I asked this question before but did not have any luck with an answer. It might be a student level question but I need to understand that with possibly some help. I am considering the hyperbolic equation of the form $$u_t+\frac{x}{T-t}u_x=0$$ and some initial data $u(x,0)=u_0(x)$. I would like to claim that this is a well posed problem in $\mathbb{L}^2$ on $[0,T]$. For that existence, uniqueness and stability needs to be established. So I have the following steps to achieve that.
Step 1: there is a change of variables I can employ as $z=x*(T-t)$. Then for $v(z(t,x),t)=u(x,t)$ I can find $$u_t=v_t+v_z(-x),\; u_x=v_z(T-t).$$Plug them into original equation I obtain an equivalent formulation to the original problem(up to a change of variables): $$v_t=0,\; v(z,0)=u_0(z/T,0).$$ The alternative formulation is clearly trivially has a unique solution for all $t\in [0,T]$, thus I claim the original problem does as well. Moreover, $u(x,T)=v(0,T)=u_0(0,0)$, so even though it initially looks like a not defined p.d.e. at that time it does have a solution.

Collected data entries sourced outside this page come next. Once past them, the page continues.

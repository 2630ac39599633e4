//! The fault of a call.
use crate::code::Code;
use std::alloc::{AllocError, AllocFailed};
use thiserror::Error;

/// A call that did not do what was asked answers one of these.
#[derive(Clone, Copy, Debug, Error)]
pub enum Fault {
    /// The call was refused, and has changed nothing.
    #[error("refused: {0}")]
    Refused(Code),
    /// Memory was wanted and not found.
    #[error("out of memory")]
    Memory,
}

impl From<AllocError> for Fault {
    ghost use Rattle.std.specs.Prelude.{◌≡◌};
    ghost use Rattle.plain_types.specs.declared.fault.Fault.TheVariants.{Memory};

    ghost from_gives = { λ _ fault. fault ≡ Memory };

    fn from(_error: AllocError) -> Fault {
        Fault::Memory
    }
}

impl<T: Drop> From<AllocFailed<T>> for Fault {
    ghost use Rattle.std.specs.Prelude.{◌≡◌};
    ghost use Rattle.plain_types.specs.declared.fault.Fault.TheVariants.{Memory};

    ghost from_gives = { λ _ fault. fault ≡ Memory };

    fn from(_error: AllocFailed<T>) -> Fault {
        Fault::Memory
    }
}

impl From<Code> for Fault {
    ghost use Rattle.std.specs.Prelude.{◌≡◌};
    ghost use Rattle.plain_types.specs.declared.fault.Fault.TheVariants.{Refused};

    ghost from_gives = { λ code fault. fault ≡ Refused code };

    fn from(code: Code) -> Fault {
        Fault::Refused(code)
    }
}
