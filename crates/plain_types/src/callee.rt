//! A connection has a callee.

/// A connection calls this at its receiver.
#[derive(Clone, Copy, PartialEq, Eq)]
pub enum Callee {
    /// The method of the receiver's class with this index.
    Method(u32),
    /// The functor with this index; the receiver is its context object.
    Functor(u32),
}
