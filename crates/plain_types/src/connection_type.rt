//! How it is called.
ghost use Rattle.std.specs.Prelude.{◌≡◌};
ghost use Rattle.plain_types.specs.Modes.{mode_named};

/// How a connection's callee is called (`Qt::ConnectionType`).
#[derive(Clone, Copy, PartialEq, Eq)]
pub enum ConnectionType {
    /// Direct, since sender and receiver always live in one session.
    Auto,
    /// At once, while the signal is being sent.
    Direct,
    /// By an event that is posted to the session's queue.
    Queued,
}

impl ConnectionType {
    /// The type of this name, as class files and commands spell it.
    pub fn from_name(name: &str) -> Option<ConnectionType>
        ensures { result ≡ mode_named name.now }
    {
        match name {
            "auto" => Some(ConnectionType::Auto),
            "direct" => Some(ConnectionType::Direct),
            "queued" => Some(ConnectionType::Queued),
            _ => None,
        }
    }
}
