/// Where a ping, a pong or a summary is delivered, that is reported, and beside datagrams nothing else. Where the sender is
/// another certified member, a ping brings it a pong, and a summary what it lacks and, unless the summary is an answer,
/// the node's page. A pong brings nothing, and the probes see it.
pub fn what_probes_and_summaries_bring()
    ensures ping { PingsBring }
    ensures pong { PongsBring }
    ensures summary { SummariesBring }
{}

/// Delivered records add to the life what is accepted of them, in order, each with the note that it asks behind it.
/// A tick adds itself and the accusations that are made at it, and the probes see it. A node that leaves adds its leaving note,
/// where the key has an index for it. None adds anything else.
pub fn what_lives_gain()
    ensures records { RecordsAreLived }
    ensures tick { TicksAreLived }
    ensures leaving { LeavingIsLived }
{}

/// A member is accused on the lowest ring of those that its newest note enables and on which the node is its monitor.
pub fn accused_on_the_lowest_ring()
    ensures { RingForIsLowest }
{}

/// A node's neighbours are its successors on the rings of the group, each once, in order of number. An accusation goes
/// to these and to the accused.
pub fn neighbours_are_successors()
    ensures all { NeighboursAreSuccessors }
    ensures accused { AccusedAreAddressed }
{}

/// A correct node holds what its life has come to: the newest note of each member, each verified under the key in its
/// member's certificate, and a certificate, verified under the authority's key, of exactly those who have joined. It holds
/// just the accusations that it keeps, beside those by which a member was removed that is out of its view since, each
/// verified under the key in its accuser's certificate.
pub fn what_is_held_is_the_life()
    ensures { WhatIsHeldIsTheLife }
{}

/// Whatever a correct node holds has a spelling, so what it gives of that is read as it was sent.
pub fn what_is_held_can_be_sent()
    ensures { WhatIsHeldCanBeSent }
{}

/// A summary of a certified member other than the node itself is answered first of all by the datagram of what it lacks,
/// if it lacks anything.
pub fn summaries_are_answered()
    ensures { SummariesAreAnswered }
{}

/// One exchange is enough. A correct node answers a summary, which another correct node of the group made earlier in its
/// present life, with a datagram that holds all that the summary lacks of its page, and the other is handed it. Then the
/// other has of each member of the page a note at least as great, by epoch and then by mask, as the first had; and where
/// nothing was lacking, it has so already. As the first made the datagram and the other is handed it, the two keep no
/// two different certificates for one number, and the other's own note is not less than the first's note of it. Two
/// such datagrams, one each way, give it for both.
pub fn one_exchange_is_enough()
    ensures handed { OneExchangeIsEnough }
    ensures nothing { NothingLackingIsEnough }
{}
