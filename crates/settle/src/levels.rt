// The first level at which the cells of two rows and of a range between them fit.
ghost use Rattle.std.specs.Prelude.{◌≡◌, ◌+◌, ◌-◌, ◌≤◌, min};
ghost use Rattle.std.specs.Int.Count.{count_leading_zeros};
ghost use Rattle.rule.specs.Rule.{top};
ghost use Rattle.rule.specs.Samples.{fits, lowest};
ghost use Rattle.settle.specs.Settling.{cells_of};

use crate::parts::Parts;
use rows::sieve::Sieve;

// A level for so many cells, of which each level keeps about half: by the length of the numbers.
fn guessed(level: u32, many: usize, capacity: usize, top: u32) -> u32
    requires { (level ≤ top) × (top ≤ 32) }
    ensures { result ≡ min top (level + (count_leading_zeros 64 capacity - count_leading_zeros 64 many - 1)) }
{
    let short = usize::leading_zeros(capacity);
    let long = usize::leading_zeros(many);
    if short <= long {
        return level;
    }
    top.min(level + (short - long - 1))
}

impl<'a> Parts<'a> {
    // Do the cells that pass at the level fit? The range is counted first: where it alone is too
    // much, no row is walked.
    fn fits_at(&self, level: u32) -> bool
        ensures { result ≡ fits self.now.settings (cells_of self.now) level }
    {
        let capacity = self.settings.capacity as usize;
        let hits = find::count_in(self.settings, level, self.lo, self.hi) as usize;
        if capacity < hits {
            return false;
        }
        let sieve = Sieve::of(self.settings, level);
        let before = rows::count_passing(sieve, self.front);
        let after = rows::count_passing(sieve, self.back);
        hits + before + after <= capacity
    }

    // The first level from this one on at which they fit: at the top they do.
    fn climbed(&self, level: u32) -> u32
        requires { level ≤ top self.now.settings }
        ensures { result ≡ lowest self.now.settings (cells_of self.now) level }
    {
        let top = self.settings.top();
        for l in level..top {
            if self.fits_at(l) {
                return l;
            }
        }
        top
    }

    // The same, from a guess: each level about halves what passes, so two tests are enough as a
    // rule. What fits at a level fits at every higher one.
    fn raised(&self, level: u32, guess: u32) -> u32
        requires { (level ≤ guess) × (guess ≤ top self.now.settings) }
        ensures { result ≡ lowest self.now.settings (cells_of self.now) level }
    {
        let found = self.climbed(guess);
        if guess < found {
            return found;
        }
        for l in (level..guess).rev() {
            if !self.fits_at(l) {
                return l + 1;
            }
        }
        level
    }

    // The first level above this one at which they fit; `many` is how many cells pass at this one.
    pub fn above(&self, level: u32, many: usize) -> u32
        requires { level + 1 ≤ top self.now.settings }
        ensures { result ≡ lowest self.now.settings (cells_of self.now) (level + 1) }
    {
        let next = level + 1;
        let guess = guessed(
            next,
            many,
            self.settings.capacity as usize,
            self.settings.top(),
        );
        self.raised(next, guess)
    }
}
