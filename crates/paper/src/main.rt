// A small kitchen on paper: each cell with its hash and the highest level at which it passes, a count by the plain engine, cell by
// cell, and then a short evening on two handhelds, step by step, so that a person with a pencil can follow. docs/KITCHEN.md walks
// through what this prints.
#![tactic(auto)]

use rule::Settings;
use sketch::Sketch;
use sketch::estimates::Estimate;
use std::io;

// Ten cells, and room for three.
fn kitchen() -> Settings {
    Settings {
        n: 10,
        p: 101,
        a: 37,
        b: 5,
        capacity: 3,
    }
}

// The highest level at which the cell passes; at level 0 every cell does.
fn highest(settings: Settings, x: u32) -> u32 {
    let top = settings.top();
    (1..=top)
        .rev()
        .find(|level| settings.passes(*level, x))
        .unwrap_or(0)
}

fn print_regions(rt: &impl Print, settings: Settings) -> io::Result<()> {
    println!(rt; "level region")?;
    for level in 0..=6 {
        println!(rt; "{level} {}", settings.region(level))?;
    }
    Ok(())
}

fn print_list(rt: &impl Print, settings: Settings) -> io::Result<()> {
    println!(rt; "cell hash highest level")?;
    for x in 1..=10 {
        println!(rt; "{x} {} {}", settings.hash(x), highest(settings, x))?;
    }
    Ok(())
}

// A count of the plain engine: at this level, over lo..hi.
const LEVEL: u32 = 1;

const LO: u32 = 3;

const HI: u32 = 9;

fn print_asked(rt: &impl Print, settings: Settings) -> io::Result<()> {
    println!(rt;
        "plain count of {LO}..{HI} at level {LEVEL}, region {}",
        settings.region(LEVEL)
    )?;
    println!(rt; "cell hash counts so far")
}

// The engine's own loop, with a line printed for each cell that it tests: what that counts, and what all
// have counted so far.
fn print_steps(rt: &impl Print, settings: Settings) -> io::Result<()> {
    let mut many: u32 = 0;
    for x in LO..=HI {
        let counts = plain::counts(settings, LEVEL, x);
        many = many + counts;
        println!(rt; "{x} {} {counts} {many}", settings.hash(x))?;
    }
    Ok(())
}

// What it answers, which is what the last line has come to.
fn print_counted(rt: &impl Print, settings: Settings) -> io::Result<()> {
    match plain::count(settings, LEVEL, LO, HI) {
        Ok(v) => println!(rt; "counted {v}"),
        Err(_) => println!(rt; "refused"),
    }
}

// About: the number of cells times p, divided by the region's size; what is left over is let go.
fn print_about(rt: &impl Print, settings: Settings, level: u32, count: u32) -> io::Result<()> {
    print!(rt;
        ", about {count} * {} / {}",
        settings.p,
        settings.region(level)
    )?;
    print!(rt; " = {}", sketch::stands_at(settings, level, count))
}

fn print_estimate(rt: &impl Print, k: Sketch) -> io::Result<()> {
    match k.estimate() {
        Estimate::Exact(v) => print!(rt; ", exactly {v}"),
        Estimate::About(_) => print_about(rt, k.settings, k.level, k.count),
        Estimate::Refused(_) => print!(rt; ", refused"),
    }
}

fn show(rt: &impl Print, k: Sketch) -> io::Result<()> {
    print!(rt; "level {}, cells", k.level)?;
    for x in k.cells.iter().take(k.count as usize) {
        print!(rt; " {x}")?;
    }
    print_estimate(rt, k)?;
    println!(rt)
}

// One stretch on a handheld.
fn sees(rt: &impl Print, name: &str, k: Sketch, lo: u32, hi: u32) -> io::Result<Sketch> {
    print!(rt; "{name} sees {lo}..{hi}: ")?;
    let r = k.add(lo, hi);
    show(rt, r.sketch)?;
    Ok(r.sketch)
}

fn merges(rt: &impl Print, name: &str, j: Sketch, k: Sketch) -> io::Result<()> {
    print!(rt; "{name}")?;
    let r = j.merge(k);
    show(rt, r.sketch)
}

fn main(rt: HostRuntime) -> io::Result<()> {
    let settings = kitchen();
    print_regions(&rt, settings)?;
    print_list(&rt, settings)?;
    print_asked(&rt, settings)?;
    print_steps(&rt, settings)?;
    print_counted(&rt, settings)?;
    let opened = Sketch::open(settings);
    let empty = opened.sketch;
    let a = sees(&rt, "first handheld", empty, 1, 2)?;
    let a = sees(&rt, "first handheld", a, 6, 6)?;
    let b = sees(&rt, "second handheld", empty, 2, 4)?;
    let b = sees(&rt, "second handheld", b, 9, 10)?;
    merges(&rt, "first with second: ", a, b)?;
    merges(&rt, "second with first: ", b, a)?;
    merges(&rt, "first with itself: ", a, a)
}
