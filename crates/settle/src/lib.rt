// What adding and merging come down to: cells kept at a level, and a range. No sketch is known here:
// the cells are lent. Adding works on their row; what a merge keeps goes into a row lent as well.
#![tactic(auto)]

ghost use Rattle.std.specs.Prelude.{◌≡◌, ◌+◌, ◌-◌, ◌≤◌, max, length, take, replicate, true};
ghost use Rattle.lists.specs.Lists.{listed, filter};
ghost use Rattle.lists.specs.Rows.{Stored};
ghost use Rattle.find.specs.Finding.{in_range};
ghost use Rattle.rule.specs.Cells.{◌∪◌, interval};
ghost use Rattle.rule.specs.Rule.{Good, passes};
ghost use Rattle.rule.specs.Samples.{sample, fits, range_count};
ghost use Rattle.settle.specs.Settling.{cells_of, PresentParts, GathersParts, Alone, Thins, KeptAt, Keeps, kept_in, KeptIn, KeptRow};

mod levels;
mod parts;

use parts::Parts;
use rows::sieve::Sieve;
use rule::Settings;

// The places of the row that cells are kept in.
pub const PLACES: usize = rule::GREATEST_CAPACITY as usize;

// A level, and how many cells are kept at it: they stand in the first places of a row, which is lent
// beside it. This is also what adding and merging answer, of a row that they fill, so the row isn't in
// the struct.
#[derive(Clone, Copy)]
pub struct Kept {
    pub level: u32,
    pub count: u32,
}

// Stores those of a row's cells that pass at the level, from place `at` on, and answers the place
// after them. All of them pass at the level `own`: there none is hashed.
// Each call makes its sieve: one made for both rows of `gathered`, and lacking at `own`, was slower.
fn store_at(
    out: &mut [u32],
    at: usize,
    settings: Settings,
    own: u32,
    level: u32,
    cells: &[u32],
) -> usize
    requires { Good settings × (filter (passes settings own) cells.now ≡ cells.now)
        × (at + length (filter (passes settings level) cells.now) ≤ length out.old) }
    ensures { Stored out.old at (filter (passes settings level) cells.now) result out.new }
{
    if own == level {
        return stores::store(out, at, cells);
    }
    stores::store_passing(out, at, Sieve::of(settings, level), cells)
}

impl<'a> Parts<'a> {
    // The same for the cells of two rows and the `hits` cells of lo..hi between them.
    fn gathered(&self, out: &mut [u32], own: u32, level: u32, hits: usize) -> usize
        requires { GathersParts own level self.now hits out.old }
        ensures { Stored out.old 0 (sample self.now.settings (cells_of self.now) level) result out.new }
    {
        let first = store_at(out, 0, self.settings, own, level, self.front);
        let second = stores::store_hits(out, first, self.settings, level, self.lo, self.hi, hits);
        store_at(out, second, self.settings, own, level, self.back)
    }

    // What is kept of two rows, all of whose cells pass at the level, and of lo..hi between them, of
    // which `hits` pass there. At this level no cell need be hashed; only for a higher one are they.
    fn settled(&self, out: &mut [u32], level: u32, hits: usize) -> Kept
        requires { PresentParts level self.now × (hits ≡ range_count self.now.settings level self.now.lo self.now.hi) × (out.old ≡ replicate 504 0) }
        ensures { Keeps self.now.settings (cells_of self.now) level 504 result.level result.count out.new }
    {
        let capacity = self.settings.capacity as usize;
        let many = hits + self.front.len() + self.back.len();
        if many <= capacity {
            let count = self.gathered(out, level, level, hits) as u32;
            return Kept { level, count };
        }
        let l = self.above(level, many);
        let left = find::count_in(self.settings, l, self.lo, self.hi) as usize;
        let count = self.gathered(out, level, l, left) as u32;
        Kept { level: l, count }
    }
}

// Adds lo..hi to what is kept in a row, in place. Where none of lo..hi passes nothing changes, and the
// row isn't searched. The cells kept in lo..hi pass, so nothing changes either where as many of lo..hi
// pass as are kept there.
pub fn add_to(cells: &mut [u32], settings: Settings, kept: Kept, lo: u32, hi: u32) -> Kept
    requires { KeptRow settings kept cells.old × (in_range settings lo hi ≡ true) }
    ensures { Keeps settings (listed (kept_in kept cells.old) ∪ interval lo hi) kept.level 504 result.level result.count cells.new }
{
    let hits = find::count_in(settings, kept.level, lo, hi) as usize;
    if hits == 0 {
        return kept;
    }
    let held = &cells[..kept.count as usize];
    let i = rows::below(held, lo);
    let j = rows::below(held, hi + 1);
    if i + hits == j {
        return kept;
    }
    let mut out = [0u32; PLACES];
    let parts = Parts {
        settings,
        front: &held[..i],
        lo,
        hi,
        back: &held[j..],
    };
    let next = parts.settled(&mut out, kept.level, hits);
    stores::store(cells, 0, &out);
    next
}

// Of the first `many` cells of a row, all of which pass at the level, keeps what fits, in place.
fn thinned(out: &mut [u32], settings: Settings, level: u32, many: usize) -> Kept
    requires { Alone settings level (take many out.old) × (many ≤ length out.old) }
    ensures { Thins settings level many out.old result.level result.count out.new }
{
    if many <= settings.capacity as usize {
        return Kept {
            level,
            count: many as u32,
        };
    }
    // No range: it lies after every cell.
    let end = settings.n;
    let parts = Parts {
        settings,
        front: &out[..many],
        lo: end + 1,
        hi: end,
        back: &[],
    };
    let l = parts.above(level, many);
    let sieve = Sieve::of(settings, l);
    let count = stores::keep_passing(out, many, sieve) as u32;
    Kept { level: l, count }
}

// Merges the cells kept at a level with others, kept at this level or a lower one. The row lent has
// room for all of both: the others stand in its second half until the two are united in its first.
fn merge_down(
    out: &mut [u32],
    settings: Settings,
    level: u32,
    cells: &[u32],
    own: u32,
    others: &[u32],
) -> Kept
    requires { KeptAt settings level cells.now × KeptAt settings own others.now × (own ≤ level) × (length out.old ≡ 1008) }
    ensures { Keeps settings (listed cells.now ∪ listed others.now) level 1008 result.level result.count out.new }
{
    let end = store_at(out, PLACES, settings, own, level, others);
    let many = stores::unite(out, PLACES, end, cells);
    let kept = thinned(out, settings, level, many);
    stores::clear(out, kept.count as usize, 2 * PLACES);
    kept
}

// Merges what is kept in two rows, into a row of twice the places: down from the higher level.
pub fn merge_to(
    out: &mut [u32],
    settings: Settings,
    mine: Kept,
    row: &[u32],
    its: Kept,
    other: &[u32],
) -> Kept
    requires { KeptIn settings mine row.now × KeptIn settings its other.now × (length out.old ≡ 1008) }
    ensures { Keeps settings (listed (kept_in mine row.now) ∪ listed (kept_in its other.now)) (max mine.level its.level) 1008
        result.level result.count out.new }
{
    let n = mine.count as usize;
    let m = its.count as usize;
    if mine.level < its.level {
        return merge_down(out, settings, its.level, &other[..m], mine.level, &row[..n]);
    }
    merge_down(out, settings, mine.level, &row[..n], its.level, &other[..m])
}
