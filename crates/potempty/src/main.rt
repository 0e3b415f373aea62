// The program on an empty input: no line, so no answer. There is no stdout file, so nothing may be written.
// A crate of its own, since a program is run on one input.
#![tactic(auto)]

fn main(rt: HostRuntime) {
    console::serve(&mut rt.stdin(), &mut rt.stdout(), &rt);
}
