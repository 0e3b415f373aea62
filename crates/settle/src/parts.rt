// Two rows and a range between them.
ghost use Rattle.std.proofs.Props.{props};
ghost use Rattle.settle.specs.Around.{Around, Rising-prop};

use rule::Settings;

// The cells of a row before lo, those of lo..hi, which may be empty, and those of a row after hi.
#[derive(Clone, Copy)]
pub struct Parts<'a> {
    pub settings: Settings,
    pub front: &'a [u32],
    pub lo: u32,
    pub hi: u32,
    pub back: &'a [u32],
    ghost around: { Around settings front.now back.now lo hi } by { Prim.hlevel (props, Rising-prop) },
}
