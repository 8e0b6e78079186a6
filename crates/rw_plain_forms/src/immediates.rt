ghost use Rattle.std.specs.Prelude.{IfOk, MatchResult, ◌<◌};
ghost use Rattle.rich_text.specs.Grammars.{a_number, done, index, many, one};
ghost use Rattle.rw_numbers.specs.NumberWords.{modulus_of, range_of};
ghost use Rattle.rw_parser.specs.Reads.{Fails, Gave, Reads, the_fields};

use rw_numbers::Range;
use rw_parser::{Parser, ReadError};
use rw_types::List;

/// The number of a range that a list holds alone, and its `)`.
pub fn only_number(parser: &mut Parser<'_>, range: Range) -> Result<u64, ReadError>
    requires { 0 < parser.old.left.depth }
    ensures reads { MatchResult result (λ n. Gave (the_fields (one (a_number (range_of range)) done)) 1 parser.old parser.new (n, tt)) (Fails (the_fields (one (a_number (range_of range)) done)) parser.old) }
    ensures below { IfOk result (λ n. n < modulus_of range) }
{
    let value = parser.number(range)?;
    parser.close()?;
    Ok(value)
}

/// Numbers without a sign, and the `)` behind them; this project's own. An error is the first fault, or want of memory.
pub fn read_indices(parser: &mut Parser<'_>) -> Result<List<u32>, ReadError>
    requires { 0 < parser.old.left.depth }
    ensures { Reads (the_fields (many index)) 1 parser.old parser.new result }
{
    let mut indices = List::new(parser.alloc());
    while !parser.closes() {
        indices.push(parser.index()?)?;
    }
    Ok(indices)
}
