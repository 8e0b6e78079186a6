// A module that was read from bytes.
ghost use Rattle.std.specs.Prelude.{◌≡◌};
ghost use Rattle.wasm_grammar.specs.Profile.{IsInProfile};

use std::marker::Model;
use wasm_ast::WModule;

/// A module that was read from bytes: only a decoder makes one, and it is in this project's profile.
#[derive(Drop)]
pub struct Decoded {
    module: WModule,
}

impl Model for Decoded {
    ghost use Rattle.wasm_ast.specs.declared.modules.WModule.{WModule};
    ghost use Rattle.wasm_grammar.specs.Profile.{IsInProfile};
    ghost use Rattle.std.specs.Coded.{codes};
    ghost use Rattle.wasm_ast.specs.contracts.instructions.WInstr as instr;

    ghost Value = { WModule };

    ghost coded = { Prim.hlevel (codes, instr.the_row.coded) };

    ghost view = { λ d. d.«module» };

    ghost invariant = { λ d. IsInProfile d.«module» };
}

impl Decoded {
    pub(crate) fn new(module: WModule) -> Decoded
        requires { IsInProfile «module» }
        ensures { result ≡ «module» }
    {
        Decoded { module }
    }

    /// The module. It is in this project's profile: as many codes as functions, numbers within their fields, and blocks
    /// that nest at most 1,000 deep, among others.
    pub fn module(&self) -> &WModule
        ensures value { result.now ≡ self.now }
        ensures profile { IsInProfile result.now }
    {
        &self.module
    }
}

Step 2: show stability via energy methods. For an arbitrary hyperbolic equation $w_t-a(y)w_y=0, \; y \in [0,1]$: \begin{align*} \frac{d||w||^2}{dt}&=(w_t,w)+(w,w_t)=(a(y)w_y,w)+(w,a(y)w_y)\\ &=(a(y)w_y,w)-(w_y,a(y)w)-(w,a_y(y)w)+a(y)ww|^1_0\\ &\leq max_{y\in [0,1]}|a_y(y)|||w||^2+a(y)ww|^1_0 \end{align*} Thus, the energy estimate boils down to the bound of $a_y$ provided boundary conditions are bounded. I have to estimate the stability of the original equation for $u(x,t)$ and it is not equivalent to the stability of $v(z,t)$. But from the energy estimate above $a_x=\frac{1}{T-t}$ which is not bounded as $t \to T$. Does that imply that is not well posed or energy methods did not work? What are other approaches to prove stability here as I can explicitly find the solution, so it perfectly stable on $[0,T]$? In this case everything is solvable, but I am considering the general case where the trajectories do have this kind of asymptotic behavior.